No acumulado de 12 meses, o déficit nominal foi de 3% do PIB: gastos com juros de 5% e superávit primário de 2%. Aparentemente, não haveria espaço para análises de tal forma divergentes. Afinal, desde o Plano Real, o déficit tem sido mantido sob controle e lentamente é reduzido.
Dois motivos podem ser apontados, no entanto: 1. Frequentes lacunas de clara comunicação sobre a ação fiscal. 2. Uma propensão por manobras contábeis tão exóticas quanto inúteis, capazes de lançar dúvidas sobre a apreciação das contas públicas.
Quando o voluntarismo da autoridade ignora as reações dos agentes privados, é preciso lembrar que o faz não por sua conta e risco, mas da economia nacional. Todos concordam que as agências de rating antecipam muito mal o risco, mas ignorá-las é um grave erro.
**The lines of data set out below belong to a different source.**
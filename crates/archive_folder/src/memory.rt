//! A folder in memory, of disks in memory. It keeps the calls so far, so it knows what a stop might have left.
ghost use Rattle.std.specs.Prelude.{◌≡◌, ◌≢◌, ◌⊎◌, ◌↔◌, ◌+◌, ◌-◌, ◌^◌, ◌<◌, ◌≤◌, ℕ, [], ◌∷◌, ◌++◌, length, set, slice_get, Option, None, Some, OnOk, OnErr, IfOk, IfSome, IfNone, IsSome};
ghost use Rattle.archive_folder.specs.Names.{Nowhere, Out, Kept, IsKept, AreRising, numbers_of, listed, made, removed, synced};
ghost use Rattle.archive_folder.specs.Slots.{slot, place_in, place_of, put};
ghost use Rattle.disk_model.specs.declared.memory.MemDisk.{MemDisk as Disk};
ghost use Rattle.archive_folder.specs.NamesLaws.{rising_prop};
ghost use Rattle.archive_folder.specs.Calls.{after_calls};

use crate::folder::fail;
use crate::{Fate, FileFacts, FileName, Folder, Name};
use disk_model::{DiskFault, MemDisk, Memory};
use std::alloc::Global;

/// A call that succeeded and on which the names depend.
#[derive(Clone, Copy, Debug, PartialEq, Eq)]
pub enum Call {
    Make(u64),
    Remove(u64),
    Sync,
}

/// A file under a number: it is handed out if there is no disk.
#[derive(Drop)]
pub struct Slot {
    number: u64,
    disk: Option<MemDisk>,
}

/// A folder in memory. It is honest always, and fails if memory is refused.
#[derive(Drop)]
pub struct MemFolder {
    names: Vec<Name>,
    titles: Vec<FileName>,
    slots: Vec<Slot>,
    calls: Vec<Call>,
    failures: u64,
    ghost replayed: { after_calls calls.items [] ≡ names.items },
    ghost rising: { AreRising names.items } by { rising_prop names.items },
}

impl MemFolder {
    ghost use Rattle.archive_folder.specs.MemFolder.{names_in, failures_of};

    /// An empty folder that hasn't failed.
    pub fn new(alloc: Global) -> MemFolder
        ensures names { names_in result ≡ [] }
        ensures failures { failures_of result ≡ 0 }
    {
        MemFolder {
            names: Vec::new(alloc),
            titles: Vec::new(alloc),
            slots: Vec::new(alloc),
            calls: Vec::new(alloc),
            failures: 0,
        }
    }

    /// What is known of each name, in the order of the numbers.
    pub fn names(&self) -> &[Name]
        ensures { result.now ≡ names_in self.now }
    {
        &self.names
    }
}

/// The names that a list gives.
fn files_of(alloc: Global, names: &[Name], titles: &[FileName]) -> Result<Vec<FileName>, Memory>
    ensures { IfOk result (λ files. numbers_of files.items ≡ listed names.now) }
{
    let mut files = Vec::new(alloc);
    for name in names {
        match name.fate {
            Fate::Goes => {}
            _ => files.push(title_of(titles, name.number))?,
        }
    }
    Ok(files)
}

/// What the last name said that was made with this number.
fn title_of(titles: &[FileName], number: u64) -> FileName
    ensures { result.number ≡ number }
{
    let mut found = FileName {
        number,
        begun: 0,
        goes_on: false,
    };
    for title in titles {
        if title.number == number {
            found = *title;
        }
    }
    found
}

/// The names after a sync.
fn synced_names(alloc: Global, names: &[Name]) -> Result<Vec<Name>, Memory>
    ensures { IfOk result (λ kept. kept.items ≡ synced names.now) }
{
    let mut kept = Vec::new(alloc);
    for name in names {
        match name.fate {
            Fate::Goes => {}
            _ => kept.push(Name {
                number: name.number,
                fate: Fate::Stays,
            })?,
        }
    }
    Ok(kept)
}

/// Notes that the first name with this number may come back.
fn let_go(names: &mut [Name], number: u64)
    ensures { names.new ≡ removed number names.old }
{
    for i in 0..names.len() {
        if names[i].number == number {
            names[i].fate = Fate::Goes;
            return;
        }
    }
}

/// The first slot with this number.
fn slot_at(slots: &[Slot], number: u64) -> Option<usize>
    ensures found { IfSome result (λ i. (i < length slots.now)
        × ((disk : Option Disk) → put number disk slots.now ≡ set slots.now i (slot number disk))) }
    ensures place { IfSome result (λ i. (there : _) → slice_get slots.now i ≡ Some there
        → (there.number ≡ number) × (place_of number slots.now ≡ place_in there.disk)) }
    ensures none { IfNone result ((disk : Option Disk)
        → put number disk slots.now ≡ slots.now ++ slot number disk ∷ []) }
    ensures nowhere { IfNone result (place_of number slots.now ≡ Nowhere) }
{
    for i in 0..slots.len() {
        if slots[i].number == number {
            return Some(i);
        }
    }
    None
}

/// The length of a file, if it isn't handed out.
fn length_at(slots: &[Slot], number: u64) -> u64 {
    match slot_at(slots, number) {
        Some(i) => match &slots[i].disk {
            Some(disk) => disk.contents().len() as u64,
            None => 0,
        },
        None => 0,
    }
}

/// Notes that a file is handed out.
fn note_out(slots: &mut Vec<Slot>, number: u64) -> Result<(), Memory>
    ensures ok { OnOk result (slots.new.items ≡ put number None slots.old.items) }
    ensures err { OnErr result (slots.new.items ≡ slots.old.items) }
{
    match slot_at(slots, number) {
        Some(i) => slots[i] = Slot { number, disk: None },
        None => {
            slots.reserve(1)?;
            slots.push_reserved(Slot { number, disk: None });
        }
    }
    Ok(())
}

/// Hands a file out that is there.
fn take_out(slots: &mut Vec<Slot>, number: u64) -> Option<MemDisk>
    requires { IsKept (place_of number slots.old.items) }
    ensures found { IsSome result }
    ensures taken { IfSome result (λ disk. place_of number slots.old.items ≡ Kept disk) }
    ensures out { slots.new.items ≡ put number None slots.old.items }
{
    match slot_at(slots, number) {
        Some(i) => slots[i].disk.take(),
        None => None,
    }
}

/// Takes a file back that was handed out.
fn bring_back(slots: &mut Vec<Slot>, number: u64, disk: MemDisk)
    requires { place_of number slots.old.items ≡ Out }
    ensures { slots.new.items ≡ put number (Some disk) slots.old.items }
{
    if let Some(i) = slot_at(slots, number) {
        slots[i] = Slot {
            number,
            disk: Some(disk),
        };
    }
}

/// Makes a name and a slot, and notes the call. If memory is refused nothing changes.
fn make(
    names: &mut Vec<Name>,
    titles: &mut Vec<FileName>,
    slots: &mut Vec<Slot>,
    calls: &mut Vec<Call>,
    title: FileName,
) -> Result<(), Memory>
    ensures names { OnOk result (names.new.items ≡ made title.number names.old.items) }
    ensures titles { OnOk result (titles.new.items ≡ titles.old.items ++ title ∷ []) }
    ensures slots { OnOk result (slots.new.items ≡ put title.number None slots.old.items) }
    ensures recorded { OnOk result (calls.new.items ≡ calls.old.items ++ Call.Make title.number ∷ []) }
    ensures err { OnErr result ((names.new.items ≡ names.old.items) × (titles.new.items ≡ titles.old.items)
        × (slots.new.items ≡ slots.old.items) × (calls.new.items ≡ calls.old.items)) }
{
    names.reserve(1)?;
    titles.reserve(1)?;
    calls.reserve(1)?;
    note_out(slots, title.number)?;
    names.push_reserved(Name {
        number: title.number,
        fate: Fate::Comes,
    });
    titles.push_reserved(title);
    calls.push_reserved(Call::Make(title.number));
    Ok(())
}

/// Removes a name, and notes the call. If memory is refused nothing changes.
fn remove(names: &mut Vec<Name>, calls: &mut Vec<Call>, number: u64) -> Result<(), Memory>
    ensures names { OnOk result (names.new.items ≡ removed number names.old.items) }
    ensures recorded { OnOk result (calls.new.items ≡ calls.old.items ++ Call.Remove number ∷ []) }
    ensures err { OnErr result ((names.new.items ≡ names.old.items) × (calls.new.items ≡ calls.old.items)) }
{
    calls.push(Call::Remove(number))?;
    let_go(names, number);
    Ok(())
}

/// Syncs the names, and notes the call. If memory is refused nothing changes.
fn sync(names: &mut Vec<Name>, calls: &mut Vec<Call>) -> Result<(), Memory>
    ensures names { OnOk result (names.new.items ≡ synced names.old.items) }
    ensures recorded { OnOk result (calls.new.items ≡ calls.old.items ++ Call.Sync ∷ []) }
    ensures err { OnErr result ((names.new.items ≡ names.old.items) × (calls.new.items ≡ calls.old.items)) }
{
    let kept = synced_names(*names.allocator(), names)?;
    calls.push(Call::Sync)?;
    *names = kept;
    Ok(())
}

impl Folder for MemFolder {
    ghost use Rattle.archive_folder.specs.MemFolder.{names_in, file_in, moment_of, left_since_of, failures_of};
    ghost use Rattle.archive_folder.specs.Clock.{NamesPass};
    ghost use Rattle.archive_folder.specs.Names.{AreBelow};
    ghost use Rattle.archive_folder.specs.Calls.{has_left};
    ghost use Rattle.disk_model.specs.Fault.{HasCause};
    ghost use Rattle.disk_model.specs.Image.{settled};
    ghost use Rattle.disk_model.specs.MemDisk.{state_of};

    type File = MemDisk;

    ghost names = { names_in };

    ghost file = { file_in };

    ghost is_honest = { λ _. Unit {0} };

    ghost moment = { moment_of };

    ghost left_since = { left_since_of };

    ghost failures = { failures_of };

    ghost laws = { λ m _. has_left m.names.items m.calls.items m.replayed m.rising };

    fn list(&mut self, alloc: Global) -> Result<Vec<FileName>, DiskFault> {
        match files_of(alloc, &self.names, &self.titles) {
            Ok(files) => Ok(files),
            Err(Memory) => Err(fail(&mut self.failures)),
        }
    }

    fn facts(&mut self, name: FileName) -> Result<FileFacts, DiskFault> {
        Ok(FileFacts {
            bytes: length_at(&self.slots, name.number),
            is_held: false,
        })
    }

    fn make(&mut self, name: FileName) -> Result<MemDisk, DiskFault> {
        let disk = match MemDisk::of(*self.names.allocator(), &[]) {
            Ok(disk) => disk,
            Err(Memory) => return Err(fail(&mut self.failures)),
        };
        match make(
            &mut self.names,
            &mut self.titles,
            &mut self.slots,
            &mut self.calls,
            name,
        ) {
            Ok(()) => Ok(disk),
            Err(Memory) => Err(fail(&mut self.failures)),
        }
    }

    fn open(&mut self, name: FileName) -> Result<MemDisk, DiskFault> {
        match take_out(&mut self.slots, name.number) {
            Some(disk) => Ok(disk),
            None => Err(fail(&mut self.failures)),
        }
    }

    fn give_back(&mut self, number: u64, disk: MemDisk) {
        bring_back(&mut self.slots, number, disk);
    }

    fn remove(&mut self, name: FileName) -> Result<(), DiskFault> {
        match remove(&mut self.names, &mut self.calls, name.number) {
            Ok(()) => Ok(()),
            Err(Memory) => Err(fail(&mut self.failures)),
        }
    }

    fn sync(&mut self) -> Result<(), DiskFault> {
        match sync(&mut self.names, &mut self.calls) {
            Ok(()) => Ok(()),
            Err(Memory) => Err(fail(&mut self.failures)),
        }
    }

    /// Memory alone is wanting here.
    fn is_full(&self) -> bool {
        false
    }
}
Por uma miserável e desagradável razão: a opinião das agências influi no comportamento dos operadores do mercado e, em certa medida, controla as suas ações.
O cálculo do déficit, tanto quanto o da dívida, envolve muitos aspectos contenciosos e sempre alguma arbitrariedade. Logo, o que precisamos fazer é dar transparência à contabilidade pública, para restituir-lhe uma sólida credibilidade. De nada adiantam os truques para transformar “dívida” em “receita” e assim construir imaginários superávits fiscais. Ou não registrar adequadamente o montante da dívida. Parece óbvio, por exemplo, que no cálculo deve ser incluída a variação dos “Restos a Pagar” não cancelados no último dia do exercício.
Algumas observações são necessárias: 1. A relação entre a Dívida Pública Líquida e o PIB introduz maior arbitrariedade na avaliação da situação fiscal. Gera mais sombra do que luz. 2. Não há dúvida sobre a importância fundamental da dívida pública tanto para o financiamento de projetos de desenvolvimento de infraestrutura com taxa de retorno menor do que a do mercado (com o subsídio registrado no orçamento) quanto para o exercício da política monetária. 3. Como disse o gigante Alexander Hamilton, criador das finanças públicas dos EUA, “uma dívida pública não excessiva será para nós uma bênção”, o que nos lembra que a natureza da dívida pública é oposta à da dívida privada. 4. Sempre haverá uma discussão sobre dívidas contingentes.
Já a situação da relação Dívida Bruta/PIB no Brasil não era confortável em 2008: quase duas vezes a dos países emergentes. Com relação à Dívida Líquida/PIB, é visível que a mudança do seu comportamento está ligada à arbitrariedade da sua classificação a partir de 2008, o que lhe tira a importância. O desconforto acentua-se quando lembramos que nossa Dívida Bruta/PIB estava, em 2012, no mesmo nível da alemã e da francesa, antes da crise do Lehman Brothers. A despeito disso, é ridículo supor que estamos às vésperas do apocalipse fiscal.
A dinâmica do déficit nominal e da relação Dívida Bruta/PIB depende da evolução da economia. A receita tende a variar na mesma direção do PIB e do emprego. Parte da despesa deverá ir no sentido inverso, e mostra que os efeitos do déficit fiscal precisam ser julgados à luz da conjuntura. Basicamente, quando por qualquer motivo a demanda privada é insuficiente para manter o pleno uso do mais escasso dos fatores de produção, nada mais natural do que suprir essa insuficiência com um aumento da demanda pública por meio de um aumento do déficit fiscal. Por outro lado, quando não existem fatores de produção na proporção adequada e o excesso de demanda global dissipa-se em inflação e em déficit em conta corrente, a solução é reduzir o déficit fiscal para cortar a demanda pública.